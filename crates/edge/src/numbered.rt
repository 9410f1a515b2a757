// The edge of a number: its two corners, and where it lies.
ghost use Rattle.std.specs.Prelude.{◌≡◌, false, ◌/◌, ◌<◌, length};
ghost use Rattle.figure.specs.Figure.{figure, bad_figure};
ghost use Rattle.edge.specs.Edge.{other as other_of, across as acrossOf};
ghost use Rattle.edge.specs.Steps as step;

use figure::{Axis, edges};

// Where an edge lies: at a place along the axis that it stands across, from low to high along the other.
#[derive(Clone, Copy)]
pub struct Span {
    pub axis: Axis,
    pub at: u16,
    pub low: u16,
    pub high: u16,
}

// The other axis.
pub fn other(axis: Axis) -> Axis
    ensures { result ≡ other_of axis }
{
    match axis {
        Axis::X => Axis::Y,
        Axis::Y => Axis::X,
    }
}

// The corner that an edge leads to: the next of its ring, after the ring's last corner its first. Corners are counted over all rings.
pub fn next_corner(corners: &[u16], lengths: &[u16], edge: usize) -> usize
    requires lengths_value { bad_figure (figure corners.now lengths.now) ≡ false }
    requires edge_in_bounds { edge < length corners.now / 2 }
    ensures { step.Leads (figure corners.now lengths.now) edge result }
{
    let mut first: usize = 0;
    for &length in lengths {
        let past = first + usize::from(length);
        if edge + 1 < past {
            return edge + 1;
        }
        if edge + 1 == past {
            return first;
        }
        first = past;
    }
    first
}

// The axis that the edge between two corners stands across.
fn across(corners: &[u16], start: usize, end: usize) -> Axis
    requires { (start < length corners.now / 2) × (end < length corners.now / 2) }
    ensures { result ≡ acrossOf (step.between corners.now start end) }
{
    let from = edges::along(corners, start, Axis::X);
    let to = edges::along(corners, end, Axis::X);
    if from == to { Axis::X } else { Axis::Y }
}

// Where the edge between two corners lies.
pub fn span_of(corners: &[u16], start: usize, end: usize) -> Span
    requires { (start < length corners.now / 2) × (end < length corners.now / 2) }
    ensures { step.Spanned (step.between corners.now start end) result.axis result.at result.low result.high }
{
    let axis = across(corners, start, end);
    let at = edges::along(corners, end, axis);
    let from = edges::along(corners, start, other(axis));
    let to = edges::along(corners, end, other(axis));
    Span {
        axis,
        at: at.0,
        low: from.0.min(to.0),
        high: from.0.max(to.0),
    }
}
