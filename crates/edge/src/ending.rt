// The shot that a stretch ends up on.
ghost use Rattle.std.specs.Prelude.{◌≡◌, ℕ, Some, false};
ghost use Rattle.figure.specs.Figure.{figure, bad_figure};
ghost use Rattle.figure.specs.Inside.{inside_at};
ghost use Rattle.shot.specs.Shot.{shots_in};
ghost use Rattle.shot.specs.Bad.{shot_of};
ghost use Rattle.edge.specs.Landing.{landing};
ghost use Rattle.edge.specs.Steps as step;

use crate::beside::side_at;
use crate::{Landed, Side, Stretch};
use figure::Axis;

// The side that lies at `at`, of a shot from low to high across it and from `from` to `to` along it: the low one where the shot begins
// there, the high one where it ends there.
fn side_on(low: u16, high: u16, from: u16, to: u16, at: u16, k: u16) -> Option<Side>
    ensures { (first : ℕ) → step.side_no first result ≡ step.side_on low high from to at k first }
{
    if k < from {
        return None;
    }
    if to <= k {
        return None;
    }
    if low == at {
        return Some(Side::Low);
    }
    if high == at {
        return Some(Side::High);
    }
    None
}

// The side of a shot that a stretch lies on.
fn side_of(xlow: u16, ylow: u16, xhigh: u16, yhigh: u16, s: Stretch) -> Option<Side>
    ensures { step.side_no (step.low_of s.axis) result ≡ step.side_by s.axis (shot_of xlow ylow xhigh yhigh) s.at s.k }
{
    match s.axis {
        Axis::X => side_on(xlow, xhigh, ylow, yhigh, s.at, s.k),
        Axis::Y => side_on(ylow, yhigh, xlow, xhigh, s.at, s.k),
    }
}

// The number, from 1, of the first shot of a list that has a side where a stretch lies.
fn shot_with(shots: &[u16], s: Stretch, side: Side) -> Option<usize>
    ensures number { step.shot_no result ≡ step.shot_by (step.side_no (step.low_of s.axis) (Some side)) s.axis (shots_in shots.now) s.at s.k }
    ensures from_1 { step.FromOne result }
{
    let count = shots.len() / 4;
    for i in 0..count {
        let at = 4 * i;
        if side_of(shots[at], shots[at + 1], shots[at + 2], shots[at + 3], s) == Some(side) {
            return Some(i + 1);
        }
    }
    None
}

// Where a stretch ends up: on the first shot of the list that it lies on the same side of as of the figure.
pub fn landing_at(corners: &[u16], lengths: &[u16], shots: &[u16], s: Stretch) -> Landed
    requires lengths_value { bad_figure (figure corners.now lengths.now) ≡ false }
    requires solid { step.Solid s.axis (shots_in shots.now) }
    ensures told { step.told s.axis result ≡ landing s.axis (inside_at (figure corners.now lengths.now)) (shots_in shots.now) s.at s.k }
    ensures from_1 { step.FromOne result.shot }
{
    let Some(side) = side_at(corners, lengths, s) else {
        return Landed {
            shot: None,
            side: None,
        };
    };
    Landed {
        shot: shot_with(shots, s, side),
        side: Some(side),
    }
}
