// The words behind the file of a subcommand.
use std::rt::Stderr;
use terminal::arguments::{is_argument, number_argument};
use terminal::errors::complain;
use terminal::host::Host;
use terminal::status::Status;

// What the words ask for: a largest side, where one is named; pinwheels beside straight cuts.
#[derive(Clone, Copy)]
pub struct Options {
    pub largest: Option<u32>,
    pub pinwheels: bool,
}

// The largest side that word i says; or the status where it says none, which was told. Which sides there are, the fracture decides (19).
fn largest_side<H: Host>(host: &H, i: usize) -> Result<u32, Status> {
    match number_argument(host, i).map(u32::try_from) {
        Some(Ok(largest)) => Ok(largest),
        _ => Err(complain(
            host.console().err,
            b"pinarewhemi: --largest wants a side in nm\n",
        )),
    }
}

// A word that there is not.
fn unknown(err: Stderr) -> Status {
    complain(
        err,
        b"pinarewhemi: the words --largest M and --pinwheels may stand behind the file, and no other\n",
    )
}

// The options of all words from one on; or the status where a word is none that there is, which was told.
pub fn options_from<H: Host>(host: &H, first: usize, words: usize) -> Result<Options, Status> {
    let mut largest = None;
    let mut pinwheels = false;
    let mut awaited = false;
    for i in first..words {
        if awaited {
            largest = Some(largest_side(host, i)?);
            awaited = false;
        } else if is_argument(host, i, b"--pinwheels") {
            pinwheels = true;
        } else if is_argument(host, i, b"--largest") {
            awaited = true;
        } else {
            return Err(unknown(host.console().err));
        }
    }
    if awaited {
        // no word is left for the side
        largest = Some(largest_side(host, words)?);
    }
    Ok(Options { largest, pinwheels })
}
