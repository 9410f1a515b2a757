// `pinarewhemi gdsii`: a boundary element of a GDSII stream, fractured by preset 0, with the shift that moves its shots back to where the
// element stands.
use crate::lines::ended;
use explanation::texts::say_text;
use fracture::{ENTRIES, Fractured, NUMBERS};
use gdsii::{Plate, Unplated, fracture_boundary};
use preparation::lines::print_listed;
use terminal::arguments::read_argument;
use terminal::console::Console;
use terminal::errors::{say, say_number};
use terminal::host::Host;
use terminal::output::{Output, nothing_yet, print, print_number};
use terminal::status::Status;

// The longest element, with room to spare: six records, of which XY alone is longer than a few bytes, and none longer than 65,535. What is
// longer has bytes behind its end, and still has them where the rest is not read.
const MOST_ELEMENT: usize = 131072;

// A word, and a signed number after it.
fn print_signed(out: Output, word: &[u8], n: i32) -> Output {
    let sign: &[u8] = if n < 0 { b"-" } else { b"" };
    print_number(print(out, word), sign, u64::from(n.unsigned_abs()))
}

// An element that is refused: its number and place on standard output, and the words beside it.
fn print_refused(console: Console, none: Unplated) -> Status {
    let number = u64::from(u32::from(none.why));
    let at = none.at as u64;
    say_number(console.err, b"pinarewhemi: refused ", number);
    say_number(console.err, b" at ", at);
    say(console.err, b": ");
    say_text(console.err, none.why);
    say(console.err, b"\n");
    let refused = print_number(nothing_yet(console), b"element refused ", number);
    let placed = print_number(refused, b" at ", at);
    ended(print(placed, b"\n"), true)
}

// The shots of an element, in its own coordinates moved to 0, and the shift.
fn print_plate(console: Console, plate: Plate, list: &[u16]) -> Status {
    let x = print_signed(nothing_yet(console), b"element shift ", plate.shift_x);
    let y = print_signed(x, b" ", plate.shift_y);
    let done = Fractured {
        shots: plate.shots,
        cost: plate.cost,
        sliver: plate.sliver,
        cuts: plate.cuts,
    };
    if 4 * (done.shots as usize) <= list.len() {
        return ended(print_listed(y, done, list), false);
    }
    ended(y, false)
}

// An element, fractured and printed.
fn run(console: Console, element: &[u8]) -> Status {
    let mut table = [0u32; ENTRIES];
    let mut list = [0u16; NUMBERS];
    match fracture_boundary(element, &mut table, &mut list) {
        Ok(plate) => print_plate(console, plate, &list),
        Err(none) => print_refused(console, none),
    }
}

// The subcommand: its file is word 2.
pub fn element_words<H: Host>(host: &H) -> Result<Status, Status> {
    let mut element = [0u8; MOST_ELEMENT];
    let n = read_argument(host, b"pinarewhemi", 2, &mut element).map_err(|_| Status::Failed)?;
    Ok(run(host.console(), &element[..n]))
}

TASK STATEMENT:
Restate word for word only the lines above from the line containing "largest = Some(largest_side(host, words)?);" to the line containing "return ended(print_listed(y, done, list), false);", both of them included.

SOLVED PROBLEM:
        largest = Some(largest_side(host, words)?);
    }
    Ok(Options { largest, pinwheels })
}
repository 9410f1a515b2a757
// `pinarewhemi gdsii`: a boundary element of a GDSII stream, fractured by preset 0, with the shift that moves its shots back to where the
// element stands.
use crate::lines::ended;
use explanation::texts::say_text;
use fracture::{ENTRIES, Fractured, NUMBERS};
use gdsii::{Plate, Unplated, fracture_boundary};
use preparation::lines::print_listed;
use terminal::arguments::read_argument;
use terminal::console::Console;
use terminal::errors::{say, say_number};
use terminal::host::Host;
use terminal::output::{Output, nothing_yet, print, print_number};
use terminal::status::Status;

// The longest element, with room to spare: six records, of which XY alone is longer than a few bytes, and none longer than 65,535. What is
// longer has bytes behind its end, and still has them where the rest is not read.
const MOST_ELEMENT: usize = 131072;

// A word, and a signed number after it.
fn print_signed(out: Output, word: &[u8], n: i32) -> Output {
    let sign: &[u8] = if n < 0 { b"-" } else { b"" };
    print_number(print(out, word), sign, u64::from(n.unsigned_abs()))
}

// An element that is refused: its number and place on standard output, and the words beside it.
fn print_refused(console: Console, none: Unplated) -> Status {
    let number = u64::from(u32::from(none.why));
    let at = none.at as u64;
    say_number(console.err, b"pinarewhemi: refused ", number);
    say_number(console.err, b" at ", at);
    say(console.err, b": ");
    say_text(console.err, none.why);
    say(console.err, b"\n");
    let refused = print_number(nothing_yet(console), b"element refused ", number);
    let placed = print_number(refused, b" at ", at);
    ended(print(placed, b"\n"), true)
}

// The shots of an element, in its own coordinates moved to 0, and the shift.
fn print_plate(console: Console, plate: Plate, list: &[u16]) -> Status {
    let x = print_signed(nothing_yet(console), b"element shift ", plate.shift_x);
    let y = print_signed(x, b" ", plate.shift_y);
    let done = Fractured {
        shots: plate.shots,
        cost: plate.cost,
        sliver: plate.sliver,
        cuts: plate.cuts,
    };
    if 4 * (done.shots as usize) <= list.len() {
        return ended(print_listed(y, done, list), false);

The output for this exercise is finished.